‘The policy of Howard was determinedly bilateral rather than multilateral, which fits with his pragmatism and realism. Rudd is more multilateral, which comes from the “Asian engagement” philosophy which dominates Labor orthodoxy.’
Rudd, who served as a diplomat in Sweden and China in the 1980s and as Shadow Minister for Foreign Affairs from 2001 before becoming Labor leader, argued before gaining office that Australia’s foreign policy must be concentrated on its near neighbours.
Nevertheless, his government’s foreign policy has been based on three pillars: support for the US alliance; strengthening the United Nations, including seeking a seat on the UN Security Council by 2014; and ‘comprehensive engagement in the Asia-Pacific region.’ Nuclear disarmament has been another avowed Rudd goal, pursued on a multilateral basis with backing from Japan.
But by early 2010, Rudd’s honeymoon in foreign affairs, along with other areas of government, was well and truly over.
In a January 15, 2010 article published in The Australian headlined ‘Dysfunctional diplomacy,’ the newspaper’s Asia-Pacific editor, Rowan Callick, argued that despite Rudd’s credentials, ‘Australia’s relations with most of the important powers in the Asia-Pacific region are worse now than when Rudd took over.’
According to Callick, the Government’s goals of gaining admission to the UNSC, nuclear disarmament and developing the new APc ‘remain distant.’

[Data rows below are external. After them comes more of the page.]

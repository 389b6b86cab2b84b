//! BIT STRING (X.680, 22, and X.696, 13), with named bits or without.
ghost use Rattle.std.specs.Prelude.{◌≡◌, Some, None, IsSome, MatchOption, MatchResult};
ghost use Rattle.asn1_core.specs.Bounds.{size_bounds, fixed_size};
ghost use Rattle.oer_json.specs.Readings.{Finds, Puts, is_named, parts_of, parts_in, count_in, first_bits, bits_in, size_at, size_in, bit_string_in, named_bits_in};

use crate::components::Member;
use crate::hexadecimal::hexadecimal;
use crate::json::Json;
use crate::refusals::{Fault, Misfit, wrong_sort};
use crate::tables::{Bounds, Tables};
use asn1_core::{Bounded, Constraints, EncodeErrorKind};
use asn1_strings::{BitString, NamedBits};
use oer_leaf_write::{write_bit_string, write_named_bits};
use std::alloc::Global;

/// What bits are that a type may have more or fewer of.
const BITS: &str = "an object of value and length";

/// The first bits of octets. Refused where there are more or fewer octets than these need, or another bit is set.
fn first_bits(alloc: Global, octets: &[u8], count: usize) -> Result<BitString, Fault>
    ensures { Finds (λ bits. bits) result (first_bits octets.now count) }
{
    let Some(bits) = BitString::from_octets(alloc, octets, count)? else {
        return Err(Fault::Misfit(Misfit::WrongLength));
    };
    if bits.as_octets() == octets {
        Ok(bits)
    } else {
        Err(Fault::Misfit(Misfit::UnusedBits))
    }
}

/// Appends the bits of a type that has no other size.
pub fn put_fixed_bits(
    alloc: Global,
    tables: &Tables,
    type_number: u32,
    json: &Json,
    out: &mut Vec<u8>,
) -> Result<(), Fault> {
    let octets = hexadecimal(alloc, json)?;
    let count = tables.word_of(type_number, 0) as usize;
    let bits = first_bits(alloc, octets.as_slice(), count)?;
    Ok(out.extend_from_slice(bits.as_octets())?)
}

fn is_named(member: &Member, name: &str) -> bool
    ensures { result ≡ is_named name.now member.now }
{
    member.0.as_str() == name
}

/// What stands in members `value` and `length`, in either order.
fn parts_of(members: &[Member]) -> Option<(&Json, &Json)>
    ensures { MatchOption result (parts_of members.now ≡ None) (λ parts. parts_of members.now ≡ Some (parts.0.now, parts.1.now)) }
{
    let [first, second] = members else {
        return None;
    };
    if is_named(first, "value") && is_named(second, "length") {
        return Some((&first.1, &second.1));
    }
    if is_named(second, "value") && is_named(first, "length") {
        return Some((&second.1, &first.1));
    }
    None
}

/// What stands in an object of `value` and `length`.
fn parts_in(json: &Json) -> Result<(&Json, &Json), Fault>
    ensures { Finds (λ parts. (parts.0.now, parts.1.now)) result (parts_in json.now) }
{
    let Json::Members(members) = json else {
        return Err(wrong_sort(BITS));
    };
    match parts_of(members.as_slice()) {
        Some(parts) => Ok(parts),
        None => Err(wrong_sort(BITS)),
    }
}

/// A count of bits.
fn count_in(json: &Json) -> Result<usize, Fault>
    ensures { Finds (λ count. count) result (count_in json.now) }
{
    match json {
        Json::Number(count) => match usize::try_from(*count) {
            Ok(count) => Ok(count),
            Err(_) => Err(Fault::Misfit(Misfit::WrongLength)),
        },
        _ => Err(wrong_sort(BITS)),
    }
}

/// The bits of an object of `value` and `length`.
fn bits_in(alloc: Global, json: &Json) -> Result<BitString, Fault>
    ensures { Finds (λ bits. bits) result (bits_in json.now) }
{
    let (value, length) = parts_in(json)?;
    let count = count_in(length)?;
    let octets = hexadecimal(alloc, value)?;
    first_bits(alloc, octets.as_slice(), count)
}

/// A number as a size, or the nearest one that is a size.
fn size_at(number: i128) -> usize
    ensures { result ≡ size_at number }
{
    match usize::try_from(number) {
        Ok(size) => size,
        Err(_) if number < 0 => 0,
        Err(_) => usize::MAX,
    }
}

/// The constraint of sizes, where a type has some.
fn size_constraint(sizes: Option<Bounds>) -> Constraints
    ensures { size_bounds result ≡ size_in sizes }
{
    let Some(sizes) = sizes else {
        return Constraints::NONE;
    };
    let bounds = Bounded::Range {
        start: sizes.low.map(size_at),
        end: sizes.high.map(size_at),
    };
    Constraints {
        value: None,
        size: Some((bounds, false)),
    }
}

/// The constraint of bits that lie behind a length. Refused where there is one size alone, since bits of that have no length.
fn counted_constraint(sizes: Option<Bounds>) -> Result<Constraints, Fault>
    ensures { MatchResult result (λ c. (size_bounds c ≡ size_in sizes) × (fixed_size (size_in sizes) ≡ None)) (λ _. IsSome (fixed_size (size_in sizes))) }
{
    let constraint = size_constraint(sizes);
    if constraint.fixed_size().is_some() {
        return Err(Fault::Misfit(Misfit::UnknownType));
    }
    Ok(constraint)
}

/// Where bits are refused for their count, the sizes that the table has.
fn fault_of(kind: EncodeErrorKind, sizes: Option<Bounds>) -> Fault
    ensures { kind ≡ EncodeErrorKind.OutOfMemory → result ≡ Fault.OutOfMemory }
{
    match kind {
        EncodeErrorKind::SizeConstraintNotSatisfied { size } => Fault::Misfit(Misfit::WrongSize {
            size,
            low: sizes.and_then(|sizes| sizes.low),
            high: sizes.and_then(|sizes| sizes.high),
        }),
        other => Fault::from(other),
    }
}

/// Appends the bits of a type that may have other sizes (X.696, 13).
pub fn put_bits(
    alloc: Global,
    tables: &Tables,
    type_number: u32,
    json: &Json,
    out: &mut Vec<u8>,
) -> Result<(), Fault>
    ensures { Puts (bit_string_in tables.now type_number json.now) result out.old.items out.new.items }
{
    let bits = bits_in(alloc, json)?;
    let sizes = tables.size_of(type_number);
    match write_bit_string(counted_constraint(sizes)?, &bits, out) {
        Ok(()) => Ok(()),
        Err(kind) => Err(fault_of(kind, sizes)),
    }
}

/// Appends named bits up to the last that is set, and 0 bits up to the least size (X.680, 22.7, and X.696, 13.3).
pub fn put_named_bits(
    alloc: Global,
    tables: &Tables,
    type_number: u32,
    json: &Json,
    out: &mut Vec<u8>,
) -> Result<(), Fault>
    ensures { Puts (named_bits_in tables.now type_number json.now) result out.old.items out.new.items }
{
    let bits = NamedBits::new(bits_in(alloc, json)?);
    let sizes = tables.size_of(type_number);
    match write_named_bits(counted_constraint(sizes)?, &bits, out) {
        Ok(()) => Ok(()),
        Err(kind) => Err(fault_of(kind, sizes)),
    }
}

‘Relationships with China, India and Japan have hit some turbulence…Relations with Fiji, the hub of the Pacific Islands region, have plummeted since military rule was established there,’ he wrote. He described the Indonesia relationship as ‘steady,’ although it was subsequently rocked by the Oceanic Viking refugee stand-off.
Dr Martin-Jones agreed with the criticisms, saying Rudd had seemed ‘politically deaf’ to Asia’s requirements in launching the APc onto an unsuspecting region.
‘It seems very strange that someone who is supposed to be Asia-literate has approached ASEAN in such an illiterate way,’ he said ‘He raised the APc proposal without first raising it informally in the ASEAN context, which is how ASEAN operates and is well known to any ASEAN literate scholar or diplomat.’
‘To send Richard Woolcott, a gerontocrat, a dinosaur, around the region to try and create some impetus, strikes Southeast Asians and any kind of objective commentator as a kind of surrealistic move,’ he said.
While Rudd’s election was originally welcomed in China, relations have soured over Chinese investment in Australian resources, the arrest and imprisonment of an Australian mining executive in Shanghai, an Australian defence white paper warning of the Chinese military threat and over the visit of a Uighur activist.
Ties with Japan have suffered over Rudd’s perceived closeness to China—a perception supported by his long-delayed visit to Tokyo and apparent initial kowtowing to Beijing—and the Government’s apparent collusion with radical opponents of Japanese whaling and threat of international court action over the issue.